The devil’s in the detail, and sometime’s Rina’s exploits in Mexico seem just tad far-fetched – her athleticism is almost superhuman and her gaydar seems to not only be functioning perfectly, it has an almost implausible number of hits.  But the thriller element of the story barrels along at pace with RIna thinking and fighting and finagling her way in and out of trouble at every turn, being casually awesome in a way that would be considered unremarkable were this a story about a man.  So kudos to Fraser for never flinching from having a female protagonist who’s every bit as fucked up and formidable as her male colleagues in the genre.

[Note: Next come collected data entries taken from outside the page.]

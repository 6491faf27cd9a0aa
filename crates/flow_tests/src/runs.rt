// A run by the interpreter, and by a machine.
ghost use Rattle.std.specs.Prelude.{◌≡◌};

use crate::events::Events;
use c_core::Program;
use c_interpreter::run_plain;
use c_meaning::{Choices, Run};
use flow_machine::{Code, Machine};
use std::alloc::Global;
use wv_base::{OutOfMemory, Seq};

// The cells and draws that room is made for.
const ROOM: u32 = 1000;

/// A run, with what was seen of it.
#[derive(Drop)]
pub struct Watched {
    pub run: Run,
    pub events: Events,
}

impl Watched {
    /// Whether two runs are the same, and looked the same.
    pub fn is(&self, other: &Watched) -> bool {
        self.run.end == other.run.end
            && self.run.steps == other.run.steps
            && self.run.unfixed == other.run.unfixed
            && self.run.draws.as_slice() == other.run.draws.as_slice()
            && self.events.seen.as_slice() == other.events.seen.as_slice()
    }
}

/// Values that the draws take in turn.
pub fn choices(alloc: Global) -> Result<Choices, OutOfMemory> {
    let mut values = Seq::new(alloc);
    for value in [5, -3, 2147483647, 70000, 1, 0, 0, 2, -2147483648] {
        values.push(value)?;
    }
    Ok(Choices::InTurn(values))
}

/// By the interpreter.
pub fn plain(
    alloc: Global,
    program: &Program,
    choices: &Choices,
    budget: u64,
) -> Result<Watched, OutOfMemory> {
    let mut events = Events {
        seen: Vec::new(alloc),
    };
    let run = run_plain(alloc, program, choices, budget, &mut events)?;
    Ok(Watched { run, events })
}

/// By a machine that gets the budget in parts of this size, the rest of it last; where they are larger than a step,
/// behind `reserve`.
pub fn stepped(
    alloc: Global,
    code: &Code,
    choices: &Choices,
    part: u64,
    budget: u32,
) -> Result<Watched, OutOfMemory> {
    let mut events = Events {
        seen: Vec::new(alloc),
    };
    let mut machine = Machine::new(alloc, code, choices)?;
    if part > 1 {
        machine.reserve(ROOM, ROOM)?;
    }
    advance_by(&mut machine, part, budget, &mut events)?;
    Ok(Watched {
        run: machine.finish(),
        events,
    })
}

// Hands the machine a budget in parts of this size, and then what is left of it.
fn advance_by(
    machine: &mut Machine<'_>,
    part: u64,
    budget: u32,
    events: &mut Events,
) -> Result<(), OutOfMemory>
    requires { machine.old.sum ≡ 0 }
{
    let mut left = u64::from(budget);
    for _part in 0..budget {
        let now = left.min(part);
        machine.advance(now, events)?;
        left -= now;
    }
    machine.advance(left, events)?;
    Ok(())
}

It’s in London, though, that reality hits.  RIna’s family lives in a “flat” – two squalid, rodent-infested rooms in a house three-storey house.  The cold tap in the kitchen (that doubles as her mother’s bedroom) is the only indoor plumbing.  Domestic violence in endemic, economic and sexual exploitation rife.  The kids are sent to school unwashed and underfed.  This isn’t fiction, this is reportage.  In the early post-war years, my Mum (the eldest child at ten years old) lived with her extended family – two sisters and their six kids – in one room in a standard semi-detached house, again, with no indoor plumbing save a cold tap in the kitchen.  When you listen to women of that generation talk, there’s a terrible sense of the ever-present threat of sexual abuse, usually (luckily) avoided by keeping out of reach of certain uncles and family friends, and never, ever, allowing oneself to be alone with those men.  Maybe the worst thing is the lack of outrage, the apparent attitude of “that’s just how some men are, what do you expect?”.  It’s not that they think it was acceptable, it’s just that it was the background noise to their childhoods.  Not tolerated, unavoidable, like poverty and a the privy in the back garden.

In the London sequences, it’s this, the ubiquity of the threat of violence and exploitation, the constant need to be aware, to take precautions, to know when to fight and when to hide, that gets under the skin and haunts the latter-day scenes.  We don’t just see why Rina became the woman she did; we viscerally understand why.

For me, it’s the blending of the two stories, told in parallel, unflinching but not voyeuristic, that lifts this book above the crowd.  At the time of writing this post, it’s got a 4.9/5 rating on Amazon, and I’m not a bit surprised.